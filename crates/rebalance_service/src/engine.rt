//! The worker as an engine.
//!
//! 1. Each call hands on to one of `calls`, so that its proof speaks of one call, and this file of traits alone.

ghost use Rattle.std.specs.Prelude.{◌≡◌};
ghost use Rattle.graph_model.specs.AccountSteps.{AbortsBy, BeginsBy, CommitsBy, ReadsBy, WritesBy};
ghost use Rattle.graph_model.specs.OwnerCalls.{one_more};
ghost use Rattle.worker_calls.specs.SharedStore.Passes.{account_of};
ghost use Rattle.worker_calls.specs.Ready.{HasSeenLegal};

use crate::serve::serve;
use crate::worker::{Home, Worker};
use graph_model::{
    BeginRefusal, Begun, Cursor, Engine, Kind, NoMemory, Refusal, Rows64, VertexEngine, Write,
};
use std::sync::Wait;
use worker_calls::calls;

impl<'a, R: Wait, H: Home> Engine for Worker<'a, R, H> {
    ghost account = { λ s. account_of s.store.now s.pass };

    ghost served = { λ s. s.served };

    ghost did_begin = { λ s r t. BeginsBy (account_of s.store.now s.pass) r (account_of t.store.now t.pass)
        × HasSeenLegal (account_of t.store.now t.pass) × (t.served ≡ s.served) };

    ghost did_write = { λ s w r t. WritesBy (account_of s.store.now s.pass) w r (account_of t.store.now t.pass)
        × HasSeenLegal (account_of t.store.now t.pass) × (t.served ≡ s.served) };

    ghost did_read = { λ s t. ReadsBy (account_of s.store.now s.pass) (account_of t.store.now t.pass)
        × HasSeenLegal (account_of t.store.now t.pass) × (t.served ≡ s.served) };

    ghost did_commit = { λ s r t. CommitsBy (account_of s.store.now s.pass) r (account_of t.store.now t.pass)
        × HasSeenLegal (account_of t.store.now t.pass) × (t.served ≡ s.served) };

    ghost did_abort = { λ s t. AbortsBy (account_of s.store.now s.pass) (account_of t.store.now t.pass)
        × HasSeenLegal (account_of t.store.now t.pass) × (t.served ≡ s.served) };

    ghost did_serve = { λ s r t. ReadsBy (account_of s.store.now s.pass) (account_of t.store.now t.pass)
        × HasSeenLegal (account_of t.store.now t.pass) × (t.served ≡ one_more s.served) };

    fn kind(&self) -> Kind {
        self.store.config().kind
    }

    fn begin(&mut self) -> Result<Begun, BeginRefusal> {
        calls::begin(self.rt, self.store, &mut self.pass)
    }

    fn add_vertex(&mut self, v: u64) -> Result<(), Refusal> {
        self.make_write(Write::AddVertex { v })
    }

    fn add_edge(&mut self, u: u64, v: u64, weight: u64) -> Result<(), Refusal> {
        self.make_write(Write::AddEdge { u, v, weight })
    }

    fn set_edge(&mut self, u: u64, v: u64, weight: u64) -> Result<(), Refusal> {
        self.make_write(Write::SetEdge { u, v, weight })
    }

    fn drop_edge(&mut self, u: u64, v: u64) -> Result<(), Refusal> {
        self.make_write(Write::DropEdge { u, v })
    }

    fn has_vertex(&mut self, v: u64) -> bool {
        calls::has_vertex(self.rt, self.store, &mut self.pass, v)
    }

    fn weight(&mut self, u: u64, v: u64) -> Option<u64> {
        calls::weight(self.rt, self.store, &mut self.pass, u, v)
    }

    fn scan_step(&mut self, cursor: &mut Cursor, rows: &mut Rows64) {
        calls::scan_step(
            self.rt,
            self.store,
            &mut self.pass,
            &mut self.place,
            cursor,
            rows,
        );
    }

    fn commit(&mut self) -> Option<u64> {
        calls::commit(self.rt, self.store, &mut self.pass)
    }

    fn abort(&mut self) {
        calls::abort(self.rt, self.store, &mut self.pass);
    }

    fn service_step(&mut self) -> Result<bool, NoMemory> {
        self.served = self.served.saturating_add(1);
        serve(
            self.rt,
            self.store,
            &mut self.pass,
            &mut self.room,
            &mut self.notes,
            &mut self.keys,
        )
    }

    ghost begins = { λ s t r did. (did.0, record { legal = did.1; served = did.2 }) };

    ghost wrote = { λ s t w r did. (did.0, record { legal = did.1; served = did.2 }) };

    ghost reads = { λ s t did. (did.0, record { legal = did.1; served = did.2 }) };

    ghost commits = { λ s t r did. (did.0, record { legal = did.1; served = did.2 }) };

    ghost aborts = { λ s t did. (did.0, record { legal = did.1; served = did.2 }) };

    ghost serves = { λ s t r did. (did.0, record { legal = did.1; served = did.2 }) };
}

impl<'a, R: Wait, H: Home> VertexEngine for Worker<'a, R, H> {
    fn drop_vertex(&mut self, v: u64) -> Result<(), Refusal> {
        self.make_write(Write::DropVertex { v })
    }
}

****************

- **YOUR ASSIGNMENT**: Everything from the line containing "calls::has_vertex(self.rt, self.store, &mut" down to the last line of the entries is to be returned exactly, both ends included, and nothing beyond it.

- **RESPONSE**:
        calls::has_vertex(self.rt, self.store, &mut self.pass, v)
    }

    fn weight(&mut self, u: u64, v: u64) -> Option<u64> {
        calls::weight(self.rt, self.store, &mut self.pass, u, v)
    }

    fn scan_step(&mut self, cursor: &mut Cursor, rows: &mut Rows64) {
        calls::scan_step(
            self.rt,
            self.store,
            &mut self.pass,
            &mut self.place,
            cursor,
            rows,
        );
    }

    fn commit(&mut self) -> Option<u64> {
        calls::commit(self.rt, self.store, &mut self.pass)
    }

    fn abort(&mut self) {
        calls::abort(self.rt, self.store, &mut self.pass);
    }

    fn service_step(&mut self) -> Result<bool, NoMemory> {
        self.served = self.served.saturating_add(1);
        serve(
            self.rt,
            self.store,
            &mut self.pass,
            &mut self.room,
            &mut self.notes,
            &mut self.keys,
        )
    }

    ghost begins = { λ s t r did. (did.0, record { legal = did.1; served = did.2 }) };

    ghost wrote = { λ s t w r did. (did.0, record { legal = did.1; served = did.2 }) };

    ghost reads = { λ s t did. (did.0, record { legal = did.1; served = did.2 }) };

    ghost commits = { λ s t r did. (did.0, record { legal = did.1; served = did.2 }) };

    ghost aborts = { λ s t did. (did.0, record { legal = did.1; served = did.2 }) };

    ghost serves = { λ s t r did. (did.0, record { legal = did.1; served = did.2 }) };
}

impl<'a, R: Wait, H: Home> VertexEngine for Worker<'a, R, H> {
    fn drop_vertex(&mut self, v: u64) -> Result<(), Refusal> {
        self.make_write(Write::DropVertex { v })
    }
}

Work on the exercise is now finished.